(ASSIGNED TASK)
Output the data once more, exactly as given.

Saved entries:

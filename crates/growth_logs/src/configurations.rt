//! Configurations. Each call that lacks memory is made again.

use crate::logs::Log;
use command_reader::read;
use compiler::Tables;
use gk_commands::{Commands, FaultKind};
use std::alloc::Global;
use std::sync::Arc;

/// The commands of a text.
pub fn commands_of(alloc: Global, text: &[u8], log: &mut Log) -> Option<Commands> {
    match read(alloc, text) {
        Ok(commands) => Some(commands),
        Err(fault) => {
            log.refused(b"read", fault.kind == FaultKind::NoMemory);
            read(alloc, text).ok()
        }
    }
}

/// The tables of a text, for several owners.
pub fn shared_tables(alloc: Global, text: &[u8], log: &mut Log) -> Option<Arc<Tables>> {
    let tables = tables_of(alloc, text, log)?;
    log.count(b"compile", tables.commands().len());
    match Arc::new(alloc, tables) {
        Ok(shared) => Some(shared),
        Err(failed) => {
            log.lacked(b"share");
            Arc::new(alloc, failed.value).ok()
        }
    }
}

/// The tables of a text.
fn tables_of(alloc: Global, text: &[u8], log: &mut Log) -> Option<Tables> {
    let commands = commands_of(alloc, text, log)?;
    log.count(b"read", commands.len());
    if let Ok(tables) = Tables::compile(alloc, commands) {
        return Some(tables);
    }
    log.lacked(b"compile");
    let commands = commands_of(alloc, text, log)?;
    Tables::compile(alloc, commands).ok()
}
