//! What the events are asked with.

use crate::logs::Log;
use gk_terms::{Address, Dialled, Name, TechPrefix};
use registry::{Endpoint, EndpointKind};
use std::alloc::Global;

/// How many calls are opened, to be released.
pub const MOST_CALLS: u32 = 1000;

/// The ID of a gateway, its zone, the digits that it dials, which are its alias too, and its
/// technology prefix.
#[derive(Clone, Copy)]
pub struct Terms {
    pub id: Name,
    pub zone: Name,
    pub digits: Dialled,
    pub prefix: TechPrefix,
}

impl Terms {
    /// The gateway `ga` of the zone `gk-a`, with 9123 and 3#.
    pub fn new() -> Option<Terms> {
        Some(Terms {
            id: Name::read(b"ga").ok()?,
            zone: Name::read(b"gk-a").ok()?,
            digits: Dialled::read(b"9123").ok()?,
            prefix: TechPrefix::read(b"3#").ok()?,
        })
    }

    /// The gateway, with its alias and its technology prefix.
    pub fn endpoint(&self, alloc: Global, log: &mut Log) -> Endpoint {
        let address = Address::new([10, 0, 1, 1], 1720);
        let mut endpoint = Endpoint::new(alloc, EndpointKind::Gateway, self.id, self.zone, address);
        add_alias(&mut endpoint, self.digits, log);
        add_technology(&mut endpoint, self.prefix, log);
        endpoint
    }
}

/// Gives an endpoint its alias.
fn add_alias(endpoint: &mut Endpoint, alias: Dialled, log: &mut Log) {
    if endpoint.add_alias(alias).is_ok() {
        return;
    }
    log.lacked(b"add_alias");
    if !endpoint.aliases().is_empty() || endpoint.add_alias(alias).is_err() {
        log.fault(b"add_alias");
    }
}

/// Gives an endpoint its technology prefix.
fn add_technology(endpoint: &mut Endpoint, prefix: TechPrefix, log: &mut Log) {
    if endpoint.add_technology(prefix).is_ok() {
        return;
    }
    log.lacked(b"add_technology");
    if !endpoint.technologies().is_empty() || endpoint.add_technology(prefix).is_err() {
        log.fault(b"add_technology");
    }
}
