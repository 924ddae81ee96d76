//! What a program is asked for.

use gk_lines::{LineBuffer, LineReader, Source};

/// What a program is asked for by the first line of its input.
#[derive(Clone, Copy, Debug, PartialEq, Eq)]
pub enum Task {
    /// To go through its calls.
    Calls,
    /// `releases`: to use up memory, and to release calls then.
    Releases,
}

/// What the first line asks for: `releases`, or the calls for any other line.
pub fn task_in<R: Source>(reader: &mut R) -> Task {
    let mut line = LineBuffer::new();
    let mut lines = LineReader::new(1);
    if lines.next_line(reader, &mut line).is_err() {
        return Task::Calls;
    }
    if line.content() == b"releases".as_slice() {
        Task::Releases
    } else {
        Task::Calls
    }
}
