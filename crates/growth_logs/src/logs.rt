//! What is said of the calls.

use gk_lines::{LineBuffer, Noted, write_whole};
use std::alloc::{AllocError, Global};
use std::io;
use std::process::ExitCode;

/// How many bytes of answers there is room for.
const ROOM: usize = 8192;

/// The answers, a line for each; the calls that lacked memory; and those that did not keep to the
/// rules. Its room is taken at first, so that it takes no memory later.
#[derive(Drop)]
pub struct Log {
    answers: Vec<u8>,
    names: LineBuffer,
    has_faults: bool,
}

impl Log {
    /// One that has nothing to say. If its room is refused, it is asked for again.
    pub fn new(alloc: Global) -> Result<Log, AllocError> {
        let answers = match Vec::with_capacity(alloc, ROOM) {
            Ok(answers) => answers,
            Err(_) => Vec::with_capacity(alloc, ROOM)?,
        };
        let mut names = LineBuffer::new();
        names.begin(b"lacked:");
        Ok(Log {
            answers,
            names,
            has_faults: false,
        })
    }

    /// Says the answer of a call with ample memory, a line.
    pub fn answer(&mut self, line: &[u8]) {
        self.text(line);
        self.text(b"\n");
    }

    /// Says the answer of a call with ample memory, of whole lines.
    pub fn text(&mut self, lines: &[u8]) {
        if self.answers.extend_from_slice(lines).is_err() {
            self.fault(b"answers");
        }
    }

    /// Says this number of a call with ample memory.
    pub fn count(&mut self, call: &[u8], number: usize) {
        let mut line = LineBuffer::new();
        line.begin(call);
        line.number(u32::try_from(number).unwrap_or(u32::MAX));
        self.answer(line.as_bytes());
    }

    /// Says that a call lacked memory, and that nothing is wrong with that.
    pub fn lacked(&mut self, call: &[u8]) {
        self.names.word(call);
    }

    /// Says that a call did not keep to the rules.
    pub fn fault(&mut self, call: &[u8]) {
        self.has_faults = true;
        self.names.word(b"FAULT");
        self.names.word(call);
    }

    /// Says that a call was refused: it lacked memory, or else it did not keep to the rules.
    pub fn refused(&mut self, call: &[u8], for_memory: bool) {
        if for_memory {
            self.lacked(call);
        } else {
            self.fault(call);
        }
    }

    /// Prints the answers, and a line of the calls that lacked memory and of those that did not
    /// keep to the rules. The status is 1 if there are any of these, or if it is not printed.
    pub fn print<R: Print>(mut self, rt: &R) -> ExitCode {
        self.names.push_byte(b'\n');
        let written = write_whole(&mut Noted::new(io::writer(rt)), self.answers.as_slice());
        let named = write_whole(&mut Noted::new(io::writer(rt)), self.names.as_bytes());
        if self.has_faults || written.is_err() || named.is_err() {
            return ExitCode::from(1);
        }
        ExitCode::SUCCESS
    }
}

(SOLUTION FOR THIS TASK)
filename crates/growth_logs/src/configurations.rt
//! Configurations. Each call that lacks memory is made again.

use crate::logs::Log;
use command_reader::read;
use compiler::Tables;
use gk_commands::{Commands, FaultKind};
use std::alloc::Global;
use std::sync::Arc;

/// The commands of a text.
pub fn commands_of(alloc: Global, text: &[u8], log: &mut Log) -> Option<Commands> {
    match read(alloc, text) {
        Ok(commands) => Some(commands),
        Err(fault) => {
            log.refused(b"read", fault.kind == FaultKind::NoMemory);
            read(alloc, text).ok()
        }
    }
}

/// The tables of a text, for several owners.
pub fn shared_tables(alloc: Global, text: &[u8], log: &mut Log) -> Option<Arc<Tables>> {
    let tables = tables_of(alloc, text, log)?;
    log.count(b"compile", tables.commands().len());
    match Arc::new(alloc, tables) {
        Ok(shared) => Some(shared),
        Err(failed) => {
            log.lacked(b"share");
            Arc::new(alloc, failed.value).ok()
        }
    }
}

/// The tables of a text.
fn tables_of(alloc: Global, text: &[u8], log: &mut Log) -> Option<Tables> {
    let commands = commands_of(alloc, text, log)?;
    log.count(b"read", commands.len());
    if let Ok(tables) = Tables::compile(alloc, commands) {
        return Some(tables);
    }
    log.lacked(b"compile");
    let commands = commands_of(alloc, text, log)?;
    Tables::compile(alloc, commands).ok()
}
//! What the events are asked with.

use crate::logs::Log;
use gk_terms::{Address, Dialled, Name, TechPrefix};
use registry::{Endpoint, EndpointKind};
use std::alloc::Global;

/// How many calls are opened, to be released.
pub const MOST_CALLS: u32 = 1000;

/// The ID of a gateway, its zone, the digits that it dials, which are its alias too, and its
/// technology prefix.
#[derive(Clone, Copy)]
pub struct Terms {
    pub id: Name,
    pub zone: Name,
    pub digits: Dialled,
    pub prefix: TechPrefix,
}

impl Terms {
    /// The gateway `ga` of the zone `gk-a`, with 9123 and 3#.
    pub fn new() -> Option<Terms> {
        Some(Terms {
            id: Name::read(b"ga").ok()?,
            zone: Name::read(b"gk-a").ok()?,
            digits: Dialled::read(b"9123").ok()?,
            prefix: TechPrefix::read(b"3#").ok()?,
        })
    }

    /// The gateway, with its alias and its technology prefix.
    pub fn endpoint(&self, alloc: Global, log: &mut Log) -> Endpoint {
        let address = Address::new([10, 0, 1, 1], 1720);
        let mut endpoint = Endpoint::new(alloc, EndpointKind::Gateway, self.id, self.zone, address);
        add_alias(&mut endpoint, self.digits, log);
        add_technology(&mut endpoint, self.prefix, log);
        endpoint
    }
}

/// Gives an endpoint its alias.
fn add_alias(endpoint: &mut Endpoint, alias: Dialled, log: &mut Log) {
    if endpoint.add_alias(alias).is_ok() {
        return;
    }
    log.lacked(b"add_alias");
    if !endpoint.aliases().is_empty() || endpoint.add_alias(alias).is_err() {
        log.fault(b"add_alias");
    }
}

/// Gives an endpoint its technology prefix.
fn add_technology(endpoint: &mut Endpoint, prefix: TechPrefix, log: &mut Log) {
    if endpoint.add_technology(prefix).is_ok() {
        return;
    }
    log.lacked(b"add_technology");
    if !endpoint.technologies().is_empty() || endpoint.add_technology(prefix).is_err() {
        log.fault(b"add_technology");
    }
}
repository 924ddae81ee96d76
//! What a program is asked for.

use gk_lines::{LineBuffer, LineReader, Source};

/// What a program is asked for by the first line of its input.
#[derive(Clone, Copy, Debug, PartialEq, Eq)]
pub enum Task {
    /// To go through its calls.
    Calls,
    /// `releases`: to use up memory, and to release calls then.
    Releases,
}

/// What the first line asks for: `releases`, or the calls for any other line.
pub fn task_in<R: Source>(reader: &mut R) -> Task {
    let mut line = LineBuffer::new();
    let mut lines = LineReader::new(1);
    if lines.next_line(reader, &mut line).is_err() {
        return Task::Calls;
    }
    if line.content() == b"releases".as_slice() {
        Task::Releases
    } else {
        Task::Calls
    }
}
filename crates/growth_logs/src/logs.rt
//! What is said of the calls.

use gk_lines::{LineBuffer, Noted, write_whole};
use std::alloc::{AllocError, Global};
use std::io;
use std::process::ExitCode;

/// How many bytes of answers there is room for.
const ROOM: usize = 8192;

/// The answers, a line for each; the calls that lacked memory; and those that did not keep to the
/// rules. Its room is taken at first, so that it takes no memory later.
#[derive(Drop)]
pub struct Log {
    answers: Vec<u8>,
    names: LineBuffer,
    has_faults: bool,
}

impl Log {
    /// One that has nothing to say. If its room is refused, it is asked for again.
    pub fn new(alloc: Global) -> Result<Log, AllocError> {
        let answers = match Vec::with_capacity(alloc, ROOM) {
            Ok(answers) => answers,
            Err(_) => Vec::with_capacity(alloc, ROOM)?,
        };
        let mut names = LineBuffer::new();
        names.begin(b"lacked:");
        Ok(Log {
            answers,
            names,
            has_faults: false,
        })
    }

    /// Says the answer of a call with ample memory, a line.
    pub fn answer(&mut self, line: &[u8]) {
        self.text(line);
        self.text(b"\n");
    }

    /// Says the answer of a call with ample memory, of whole lines.
    pub fn text(&mut self, lines: &[u8]) {
        if self.answers.extend_from_slice(lines).is_err() {
            self.fault(b"answers");
        }
    }

    /// Says this number of a call with ample memory.
    pub fn count(&mut self, call: &[u8], number: usize) {
        let mut line = LineBuffer::new();
        line.begin(call);
        line.number(u32::try_from(number).unwrap_or(u32::MAX));
        self.answer(line.as_bytes());
    }

    /// Says that a call lacked memory, and that nothing is wrong with that.
    pub fn lacked(&mut self, call: &[u8]) {
        self.names.word(call);
    }

    /// Says that a call did not keep to the rules.
    pub fn fault(&mut self, call: &[u8]) {
        self.has_faults = true;
        self.names.word(b"FAULT");
        self.names.word(call);
    }

    /// Says that a call was refused: it lacked memory, or else it did not keep to the rules.
    pub fn refused(&mut self, call: &[u8], for_memory: bool) {
        if for_memory {
            self.lacked(call);
        } else {
            self.fault(call);
        }
    }

    /// Prints the answers, and a line of the calls that lacked memory and of those that did not
    /// keep to the rules. The status is 1 if there are any of these, or if it is not printed.
    pub fn print<R: Print>(mut self, rt: &R) -> ExitCode {
        self.names.push_byte(b'\n');
        let written = write_whole(&mut Noted::new(io::writer(rt)), self.answers.as_slice());
        let named = write_whole(&mut Noted::new(io::writer(rt)), self.names.as_bytes());
        if self.has_faults || written.is_err() || named.is_err() {
            return ExitCode::from(1);
        }
        ExitCode::SUCCESS
    }
}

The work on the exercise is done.